The cardinality of \(\mathbb {F}_2\) is \(2\), i.e., \(|\mathbb {F}_2| = 2\).
This follows directly from ZMod.card 2, which computes the cardinality of \(\mathbb {Z}/2\mathbb {Z}\) to be \(2\).
For every element \(a \in \mathbb {F}_2\), we have \(-a = a\).
Since \(\mathbb {F}_2\) has characteristic \(2\), the result follows from the general fact CharTwo.neg_eq, which states that in any ring of characteristic \(2\), negation is the identity map.
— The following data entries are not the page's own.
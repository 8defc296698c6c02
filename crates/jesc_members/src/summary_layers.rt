//! Of each class the summaries of the methods that the classes above it declare, key by key.

ghost use Rattle.std.specs.Prelude.{◌≡◌, ◌<◌, ◌^◌, ◌||◌, ◌&&◌, ℕ, [], ◌∷◌, ◌++◌, length, map, get_or, replicate, IfOk, OnOk};
ghost use Rattle.std.specs.List.{All};
ghost use Rattle.jesc_classes.specs.Order.{supers};
ghost use Rattle.jesc_lookup.specs.Layers.{AreItems};
ghost use Rattle.jesc_lookup.specs.Lines.{AreExtras};
ghost use Rattle.jesc_lookup.specs.Maps.{at};
ghost use Rattle.jesc_lookup.specs.Numbering.{IsArranged};
ghost use Rattle.jesc_members.specs.Seen.{seen_method};
ghost use Rattle.jesc_members.specs.SummaryKnown.{Adds, AddsClass, IsHeld, IsStore, first_above, items_of};
ghost use Rattle.jesc_members.specs.SummaryLayers.{AreSummaries, above_at, nothing_above, summary_at, summary_of};

use crate::methods::GivenMethod;
use crate::summary::{Summary, summed};
use jesc_lookup::Versions;
use jesc_text::{List, OutOfMemory};
use std::alloc::Global;

/// What is known of a class's line without the class itself.
#[derive(Drop, Clone, Copy)]
pub struct Above {
    /// The version of the map from keys to places of summaries.
    pub version: u32,
    /// Whether of some key two different types declare methods of different signatures.
    pub differs: bool,
    /// Whether of some key two different types declare methods, one of them private or static.
    pub hides: bool,
}

/// The summaries of each class by number.
#[derive(Drop)]
pub struct SummaryLayers {
    pub versions: Versions,
    pub summaries: List<Summary>,
    pub above: Vec<Above>,
}

impl SummaryLayers {
    /// The summaries of these classes. `order` has the classes, each behind its supertypes, and `extras` what each one's
    /// line has behind that of its first supertype; `keys` has the key of each method, and `rows` the methods of each class.
    ///
    /// Answers `OutOfMemory` where there is no room for the versions.
    pub fn new(
        alloc: Global,
        graph: &[List<u32>],
        order: &[u32],
        extras: &[List<u32>],
        methods: &[GivenMethod<'_>],
        keys: &[u32],
        rows: &[List<u32>],
    ) -> Result<SummaryLayers, OutOfMemory>
        requires few { length keys.now < 2 ^ 32 }
        requires count { length keys.now ≡ length methods.now }
        requires order { IsArranged graph.now order.now }
        requires extras { AreExtras graph.now extras.now }
        requires items { AreItems (length graph.now) keys.now rows.now }
        ensures { IfOk result (λ l. AreSummaries graph.now (map seen_method methods.now) keys.now rows.now l.versions l.summaries l.above.items) }
    {
        let versions = Versions::new(alloc, keys.len() as u32)?;
        let above = nothings(alloc, graph.len())?;
        let mut whole = nothings(alloc, graph.len())?;
        let mut layers = SummaryLayers {
            versions,
            summaries: List::new(alloc),
            above,
        };
        for class in order {
            layers.add(&mut whole, graph, extras, methods, keys, rows, *class)?;
        }
        Ok(layers)
    }

    /// The summary of the key above the class. Takes no memory.
    pub fn above(&self, class: u32, key: u32) -> Option<Summary>
        requires class { class < length self.now.above.items }
        requires version { (c : ℕ) → c < length self.now.above.items → (above_at self.now.above.items c).version < length self.now.versions }
        ensures { result ≡ summary_at self.now.versions self.now.summaries (above_at self.now.above.items class) key }
    {
        let version = self.above[class as usize].version;
        find(&self.versions, self.summaries.as_slice(), version, key)
    }

    /// Notes what is known above a class and, in `whole`, what is known with the class, by what `whole` has of its
    /// supertypes.
    fn add(
        &mut self,
        whole: &mut Vec<Above>,
        graph: &[List<u32>],
        extras: &[List<u32>],
        methods: &[GivenMethod<'_>],
        keys: &[u32],
        rows: &[List<u32>],
        class: u32,
    ) -> Result<(), OutOfMemory>
        requires count { length keys.now ≡ length methods.now }
        requires class { class < length graph.now }
        requires above { All (λ above. above < length graph.now) (supers graph.now class) }
        requires extras { length extras.now ≡ length graph.now }
        requires within { All (λ above. above < length graph.now) (get_or extras.now class []) }
        requires items { AreItems (length graph.now) keys.now rows.now }
        requires whole { length whole.old.items ≡ length graph.now }
        requires layers { length self.old.above.items ≡ length graph.now }
        requires store { IsStore (length keys.now) self.old.versions self.old.summaries }
        requires held { (c : ℕ) → IsHeld (map seen_method methods.now) keys.now self.old.versions self.old.summaries (above_at whole.old.items c) }
        ensures { OnOk result (AddsClass (map seen_method methods.now) keys.now rows.now (get_or extras.now class []) class (first_above (supers graph.now class) whole.old.items) self.old.versions self.old.summaries self.old.above.items whole.old.items self.new.versions self.new.summaries self.new.above.items whole.new.items) }
    {
        let first = first_of(graph, class, whole);
        let above = add_classes(
            &mut self.versions,
            &mut self.summaries,
            methods,
            keys,
            rows,
            extras[class as usize].as_slice(),
            first,
        )?;
        let own = add_row(
            &mut self.versions,
            &mut self.summaries,
            methods,
            keys,
            rows[class as usize].as_slice(),
            above,
        )?;
        self.above[class as usize] = above;
        whole[class as usize] = own;
        Ok(())
    }
}

/// What is known of the first supertype, or nothing.
fn first_of(graph: &[List<u32>], class: u32, whole: &Vec<Above>) -> Above
    requires class { class < length graph.now }
    requires above { All (λ above. above < length whole.now.items) (supers graph.now class) }
    ensures { result ≡ first_above (supers graph.now class) whole.now.items }
{
    match graph[class as usize].as_slice().first() {
        None => Above {
            version: 0,
            differs: false,
            hides: false,
        },
        Some(above) => whole[*above as usize],
    }
}

/// Adds the methods of these classes.
fn add_classes(
    versions: &mut Versions,
    summaries: &mut List<Summary>,
    methods: &[GivenMethod<'_>],
    keys: &[u32],
    rows: &[List<u32>],
    classes: &[u32],
    above: Above,
) -> Result<Above, OutOfMemory>
    requires count { length keys.now ≡ length methods.now }
    requires store { IsStore (length keys.now) versions.old summaries.old }
    requires held { IsHeld (map seen_method methods.now) keys.now versions.old summaries.old above }
    requires within { All (λ class. class < length rows.now) classes.now }
    requires items { AreItems (length rows.now) keys.now rows.now }
    ensures { IfOk result (λ a. Adds (map seen_method methods.now) keys.now versions.old summaries.old above versions.new summaries.new a (items_of rows.now classes.now)) }
{
    let mut above = above;
    for class in classes {
        let row = rows[*class as usize].as_slice();
        above = add_row(versions, summaries, methods, keys, row, above)?;
    }
    Ok(above)
}

/// Adds these methods.
fn add_row(
    versions: &mut Versions,
    summaries: &mut List<Summary>,
    methods: &[GivenMethod<'_>],
    keys: &[u32],
    row: &[u32],
    above: Above,
) -> Result<Above, OutOfMemory>
    requires count { length keys.now ≡ length methods.now }
    requires store { IsStore (length keys.now) versions.old summaries.old }
    requires held { IsHeld (map seen_method methods.now) keys.now versions.old summaries.old above }
    requires row { All (λ i. i < length keys.now) row.now }
    requires keys { All (λ key. key < length keys.now) keys.now }
    ensures { IfOk result (λ a. Adds (map seen_method methods.now) keys.now versions.old summaries.old above versions.new summaries.new a row.now) }
{
    let mut above = above;
    for method in row {
        above = add_one(versions, summaries, methods, keys, *method, above)?;
    }
    Ok(above)
}

/// Adds the method.
fn add_one(
    versions: &mut Versions,
    summaries: &mut List<Summary>,
    methods: &[GivenMethod<'_>],
    keys: &[u32],
    method: u32,
    above: Above,
) -> Result<Above, OutOfMemory>
    requires count { length keys.now ≡ length methods.now }
    requires store { IsStore (length keys.now) versions.old summaries.old }
    requires held { IsHeld (map seen_method methods.now) keys.now versions.old summaries.old above }
    requires method { method < length keys.now }
    requires key { get_or keys.now method 0 < length keys.now }
    ensures { IfOk result (λ a. Adds (map seen_method methods.now) keys.now versions.old summaries.old above versions.new summaries.new a (method ∷ [])) }
{
    let key = keys[method as usize];
    let old = find(versions, summaries.as_slice(), above.version, key);
    let new = summed(methods, old, method);
    let place = next_place(summaries)?;
    summaries.push(new)?;
    let version = versions.put(above.version, key, place)?;
    Ok(Above {
        version,
        differs: or_both(above.differs, new.many, new.mixed),
        hides: or_both(above.hides, new.many, new.hides),
    })
}

/// The summary of the key in the version.
fn find(versions: &Versions, summaries: &[Summary], version: u32, key: u32) -> Option<Summary>
    requires { version < length versions.now }
    ensures { result ≡ summary_of summaries.now (at (get_or versions.now version []) key) }
{
    match versions.get(version, key) {
        None => None,
        Some(place) => summaries.get(place as usize).copied(),
    }
}

/// The place behind the last summary, where there is a number for it.
fn next_place(summaries: &List<Summary>) -> Result<u32, OutOfMemory>
    ensures { IfOk result (λ place. place ≡ length summaries.now) }
{
    let place = summaries.len();
    if place >= u32::MAX as usize {
        return Err(OutOfMemory);
    }
    Ok(place as u32)
}

/// Whether the first holds, or both others do.
fn or_both(first: bool, second: bool, third: bool) -> bool
    ensures { result ≡ (first || (second && third)) }
{
    first || (second && third)
}

/// For so many classes, that nothing is known.
fn nothings(alloc: Global, count: usize) -> Result<Vec<Above>, OutOfMemory>
    ensures { IfOk result (λ all. all.items ≡ replicate count nothing_above) }
{
    let mut all = Vec::new(alloc);
    for _ in 0..count {
        push(
            &mut all,
            Above {
                version: 0,
                differs: false,
                hides: false,
            },
        )?;
    }
    Ok(all)
}

/// Appends an item.
fn push<T: Drop>(items: &mut Vec<T>, item: T) -> Result<(), OutOfMemory>
    ensures { OnOk result (items.new.items ≡ items.old.items ++ item ∷ []) }
{
    match items.push(item) {
        Ok(_) => Ok(()),
        Err(_) => Err(OutOfMemory),
    }
}
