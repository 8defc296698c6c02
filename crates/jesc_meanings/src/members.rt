//! What labels mean in each class.

ghost use Rattle.std.specs.Prelude.{◌≡◌, ◌<◌, ◌^◌, [], length, get_or, map, IfOk};
ghost use Rattle.jesc_lookup.specs.Lines.{AreExtras};
ghost use Rattle.jesc_lookup.specs.Numbering.{IsArranged};
ghost use Rattle.jesc_meanings.specs.Labels.{AreNamed, found_in, seen};
ghost use Rattle.jesc_meanings.specs.Layered.{AreRows, KnowsMembers, found_at};

use crate::label::Label;
use crate::label_table::LabelTable;
use jesc_lookup::Layers;
use jesc_text::{List, OutOfMemory};
use std::alloc::Global;

/// The table of labels, and of each class the first item of each label in the order of lookup.
#[derive(Drop)]
pub struct Members<'a> {
    table: LabelTable<'a>,
    layers: Layers,
}

impl<'a> Members<'a> {
    /// What these labels mean in each class. `rows` has the items of each class.
    ///
    /// `order` has the classes, each behind its supertypes, and `extras` what each one's line has behind that of its first
    /// supertype. Answers `OutOfMemory` where there is no room for the tables.
    pub fn new(
        alloc: Global,
        graph: &[List<u32>],
        order: &[u32],
        extras: &[List<u32>],
        labels: &[Option<Label<'a>>],
        rows: &[List<u32>],
    ) -> Result<Members<'a>, OutOfMemory>
        requires few { length labels.now < 2 ^ 32 }
        requires order { IsArranged graph.now order.now }
        requires extras { AreExtras graph.now extras.now }
        requires rows { AreRows graph.now (map seen labels.now) rows.now }
        ensures { IfOk result (λ m. KnowsMembers graph.now (map seen labels.now) rows.now m.table.names m.table.rows.items m.layers.versions m.layers.of.items) }
    {
        let table = LabelTable::new(alloc, labels)?;
        let keys = table.keys(alloc, labels)?;
        let layers = Layers::new(alloc, graph, order, extras, keys.as_slice(), rows)?;
        Ok(Members { table, layers })
    }

    /// The item that a name and a number of parameters mean in the class. Takes no memory.
    pub fn find(&self, class: u32, name: &[u8], count: usize) -> Option<u32>
        requires named { AreNamed self.now.table.names self.now.table.rows.items }
        requires class { class < length self.now.layers.of.items }
        requires version { get_or self.now.layers.of.items class 0 < length self.now.layers.versions }
        ensures { result ≡ found_at (found_in self.now.table.names self.now.table.rows.items (name.now, count)) (get_or self.now.layers.versions (get_or self.now.layers.of.items class 0) []) }
    {
        match self.table.find(name, count) {
            Some(key) => self.layers.first(class, key),
            None => None,
        }
    }
}
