//! A table of labels, which tells the first item of each.

ghost use Rattle.std.specs.Prelude.{◌≡◌, ◌<◌, ◌^◌, ◌++◌, ◌∷◌, [], length, get_or, map, Some, IfOk, OnOk};
ghost use Rattle.jesc_meanings.specs.Labels.{AreKeys, AreNamed, IsTableOf, TakesItem, TakesName, found_in, key_by, seen};

use crate::label::Label;
use crate::row::Row;
use jesc_classes::Table;
use jesc_text::{List, OutOfMemory};
use std::alloc::Global;

/// The first item of each label.
#[derive(Drop)]
pub struct LabelTable<'a> {
    /// Of each name the number of its row.
    names: Table<'a, u32>,
    /// Of each name the first item with each number of parameters.
    rows: Vec<Row>,
}

impl<'a> LabelTable<'a> {
    /// The table of items with these labels, of which some have none.
    ///
    /// Answers `OutOfMemory` where there is no room for it.
    pub fn new(alloc: Global, labels: &[Option<Label<'a>>]) -> Result<LabelTable<'a>, OutOfMemory>
        requires { length labels.now < 2 ^ 32 }
        ensures { IfOk result (λ t. IsTableOf (map seen labels.now) t.names t.rows.items) }
    {
        let mut table = LabelTable {
            names: Table::new(alloc),
            rows: Vec::new(alloc),
        };
        for (i, label) in labels.iter().enumerate() {
            table.add(alloc, *label, i as u32)?;
        }
        Ok(table)
    }

    /// The first item with that name and number of parameters. Takes no memory.
    pub fn find(&self, name: &[u8], count: usize) -> Option<u32>
        requires { AreNamed self.now.names self.now.rows.items }
        ensures { result ≡ found_in self.now.names self.now.rows.items (name.now, count) }
    {
        match self.names.get(name) {
            Some(row) => self.rows[row as usize].get(count),
            None => None,
        }
    }

    /// Of each item the number of the first one with its label; of one without a label its own number.
    ///
    /// `labels` are those that the table was made of. Answers `OutOfMemory` where there is no room for the list.
    pub fn keys(
        &self,
        alloc: Global,
        labels: &[Option<Label<'_>>],
    ) -> Result<List<u32>, OutOfMemory>
        requires few { length labels.now < 2 ^ 32 }
        requires table { IsTableOf (map seen labels.now) self.now.names self.now.rows.items }
        ensures { IfOk result (AreKeys (map seen labels.now)) }
    {
        let mut keys = List::new(alloc);
        for (i, label) in labels.iter().enumerate() {
            keys.push(self.key(*label, i as u32))?;
        }
        Ok(keys)
    }

    /// The first item with the label, or the given one where there is none.
    fn key(&self, label: Option<Label<'_>>, item: u32) -> u32
        requires { AreNamed self.now.names self.now.rows.items }
        ensures { result ≡ key_by (found_in self.now.names self.now.rows.items) item (seen label.entry) }
    {
        match label {
            Some(label) => self.find(label.name, label.count).unwrap_or(item),
            None => item,
        }
    }

    /// Takes up an item under its label.
    fn add(&mut self, alloc: Global, label: Option<Label<'a>>, item: u32) -> Result<(), OutOfMemory>
        requires { AreNamed self.old.names self.old.rows.items }
        ensures { OnOk result (TakesItem self.old.names self.old.rows.items (seen label.entry) item self.new.names self.new.rows.items) }
    {
        let Some(label) = label else {
            return Ok(());
        };
        let row = self.row_of(alloc, label.name)?;
        self.rows[row as usize].put(label.count, item)
    }

    /// The number of the name's row, a new one where it has none.
    fn row_of(&mut self, alloc: Global, name: &'a [u8]) -> Result<u32, OutOfMemory>
        requires { AreNamed self.old.names self.old.rows.items }
        ensures { IfOk result (TakesName self.old.names self.old.rows.items name.now self.new.names self.new.rows.items) }
    {
        if let Some(row) = self.names.get(name) {
            return Ok(row);
        }
        let row = self.rows.len();
        if row >= u32::MAX as usize {
            return Err(OutOfMemory);
        }
        let Ok(_) = self.rows.push(Row::new(alloc)) else {
            return Err(OutOfMemory);
        };
        self.names.add(name, row as u32)?;
        Ok(row as u32)
    }
}
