//! What names mean in a program.

ghost use Rattle.std.specs.Prelude.{◌≡◌, ◌<◌, ◌↔◌, ◌^◌, true, length, map, option_map, IfOk, IfSome};
ghost use Rattle.jesc_lookup.specs.Lines.{AreExtras};
ghost use Rattle.jesc_lookup.specs.Numbering.{IsArranged};
ghost use Rattle.jesc_tree.specs.Subtypes.{class_id};
ghost use Rattle.jesc_meanings.specs.Ids.{field_id, method_id};
ghost use Rattle.jesc_meanings.specs.Known.{AreFew, IsKnown};
ghost use Rattle.jesc_meanings.specs.Labels.{field_label, method_label};
ghost use Rattle.jesc_meanings.specs.Layered.{KnowsMembers};
ghost use Rattle.jesc_meanings.specs.Meanings.{class_named, constructor_found, field_found, field_rows, graph_of, method_found, method_rows};

use crate::constructors::constructor_rows;
use crate::label::{class_labels, field_labels, method_labels};
use crate::label_table::LabelTable;
use crate::members::Members;
use crate::row::Row;
use crate::rows::{field_rows, graph_of, method_rows, rising};
use jesc_lookup::extras;
use jesc_text::{List, OutOfMemory};
use jesc_tree::{ClassId, FieldId, MethodId, Program};
use std::alloc::Global;

/// What the names of a program mean.
#[derive(Drop)]
pub struct Names<'a> {
    pub program: &'a Program,
    classes: LabelTable<'a>,
    fields: Members<'a>,
    methods: Members<'a>,
    constructors: Vec<Row>,
    pub ghost known: { ∥ IsKnown program.now.classes program.now.fields program.now.methods classes fields methods constructors.items ∥₁ },
}

impl<'a> Names<'a> {
    /// What the names of this program mean. Answers `OutOfMemory` where there is no room for the tables.
    ///
    /// No walk here is exponential, and nothing is quadratic over a chain of classes.
    pub fn new(alloc: Global, program: &'a Program) -> Result<Names<'a>, OutOfMemory>
        ensures { IfOk result (λ names. names.program.now ≡ program.now) }
    {
        if !are_few(program) {
            return Err(OutOfMemory);
        }
        let labels = class_labels(alloc, program.classes())?;
        let classes = LabelTable::new(alloc, labels.as_slice())?;
        let graph = graph_of(alloc, program.classes())?;
        let graph = graph.as_slice();
        let order = rising(alloc, graph.len())?;
        let order = order.as_slice();
        let extras = extras(alloc, graph, order)?;
        let fields = fields_of(alloc, program, graph, order, extras.as_slice())?;
        let methods = methods_of(alloc, program, graph, order, extras.as_slice())?;
        let constructors = constructor_rows(alloc, program.classes(), program.methods())?;
        Ok(Names {
            program,
            classes,
            fields,
            methods,
            constructors,
        })
    }

    /// The first class of that name. Takes no memory.
    pub fn class(&self, name: &[u8]) -> Option<ClassId>
        ensures found { result ≡ option_map class_id (class_named self.now.program.now.classes name.now) }
        ensures inside { IfSome result (λ c. c.0 < length self.now.program.now.classes) }
    {
        match self.classes.find(name, 0) {
            Some(class) => Some(ClassId(class)),
            None => None,
        }
    }

    /// The field that the name means in the class: its own, else that of its superclass, else those of its interfaces in
    /// order. Takes no memory.
    pub fn field(&self, class: ClassId, name: &[u8]) -> Option<FieldId>
        requires { class.0 < length self.now.program.now.classes }
        ensures found { result ≡ option_map field_id (field_found self.now.program.now.classes self.now.program.now.fields name.now class.0) }
        ensures inside { IfSome result (λ f. f.0 < length self.now.program.now.fields) }
    {
        match self.fields.find(class.0, name, 0) {
            Some(field) => Some(FieldId(field)),
            None => None,
        }
    }

    /// The method that the name means in the class for so many arguments, in the same order. Takes no memory.
    pub fn method(&self, class: ClassId, name: &[u8], count: usize) -> Option<MethodId>
        requires { class.0 < length self.now.program.now.classes }
        ensures found { result ≡ option_map method_id (method_found self.now.program.now.classes self.now.program.now.methods name.now count class.0) }
        ensures inside { IfSome result (λ m. m.0 < length self.now.program.now.methods) }
    {
        match self.methods.find(class.0, name, count) {
            Some(method) => Some(MethodId(method)),
            None => None,
        }
    }

    /// The class's own constructor for so many arguments. Takes no memory.
    pub fn constructor(&self, class: ClassId, count: usize) -> Option<MethodId>
        requires { class.0 < length self.now.program.now.classes }
        ensures found { result ≡ option_map method_id (constructor_found self.now.program.now.classes self.now.program.now.methods count class.0) }
        ensures inside { IfSome result (λ m. m.0 < length self.now.program.now.methods) }
    {
        match self.constructors[class.0 as usize].get(count) {
            Some(method) => Some(MethodId(method)),
            None => None,
        }
    }
}

/// Whether numbers are enough for the classes, fields and methods of the program.
fn are_few(program: &Program) -> bool
    ensures { (result ≡ true) ↔ AreFew program.now.classes program.now.fields program.now.methods }
{
    let most = u32::MAX as usize;
    program.classes().len() <= most
        && program.fields().len() <= most
        && program.methods().len() <= most
}

/// What names of fields mean in each class.
fn fields_of<'a>(
    alloc: Global,
    program: &'a Program,
    graph: &[List<u32>],
    order: &[u32],
    extras: &[List<u32>],
) -> Result<Members<'a>, OutOfMemory>
    requires few { length program.now.fields < 2 ^ 32 }
    requires graph { graph.now ≡ graph_of program.now.classes }
    requires order { IsArranged graph.now order.now }
    requires extras { AreExtras graph.now extras.now }
    ensures { IfOk result (λ m. KnowsMembers graph.now (map field_label program.now.fields) (field_rows program.now.classes) m.table.names m.table.rows.items m.layers.versions m.layers.of.items) }
{
    let labels = field_labels(alloc, program.fields())?;
    let rows = field_rows(alloc, program.classes())?;
    Members::new(
        alloc,
        graph,
        order,
        extras,
        labels.as_slice(),
        rows.as_slice(),
    )
}

/// What names of methods mean in each class.
fn methods_of<'a>(
    alloc: Global,
    program: &'a Program,
    graph: &[List<u32>],
    order: &[u32],
    extras: &[List<u32>],
) -> Result<Members<'a>, OutOfMemory>
    requires few { length program.now.methods < 2 ^ 32 }
    requires graph { graph.now ≡ graph_of program.now.classes }
    requires order { IsArranged graph.now order.now }
    requires extras { AreExtras graph.now extras.now }
    ensures { IfOk result (λ m. KnowsMembers graph.now (map method_label program.now.methods) (method_rows program.now.classes) m.table.names m.table.rows.items m.layers.versions m.layers.of.items) }
{
    let labels = method_labels(alloc, program.methods())?;
    let rows = method_rows(alloc, program.classes())?;
    Members::new(
        alloc,
        graph,
        order,
        extras,
        labels.as_slice(),
        rows.as_slice(),
    )
}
Applying this to an arbitrary \(a \in \mathbb {F}_2\) gives \(-a = a\).
For every element \(a \in \mathbb {F}_2\), we have \(a + a = 0\).
Since \(\mathbb {F}_2\) has characteristic \(2\), this follows from CharTwo.add_self_eq_zero, which asserts that in any ring of characteristic \(2\), every element \(a\) satisfies \(a + a = 0\). Applying this to arbitrary \(a \in \mathbb {F}_2\) yields the result.
For all \(a, b \in \mathbb {F}_2\), we have \(a - b = a + b\).
Since \(\mathbb {F}_2\) has characteristic \(2\), we apply CharTwo.sub_eq_add, which states that in any ring of characteristic \(2\), subtraction coincides with addition (as \(-b = b\) for all \(b\)). Applying this to arbitrary \(a, b \in \mathbb {F}_2\) gives \(a - b = a + b\).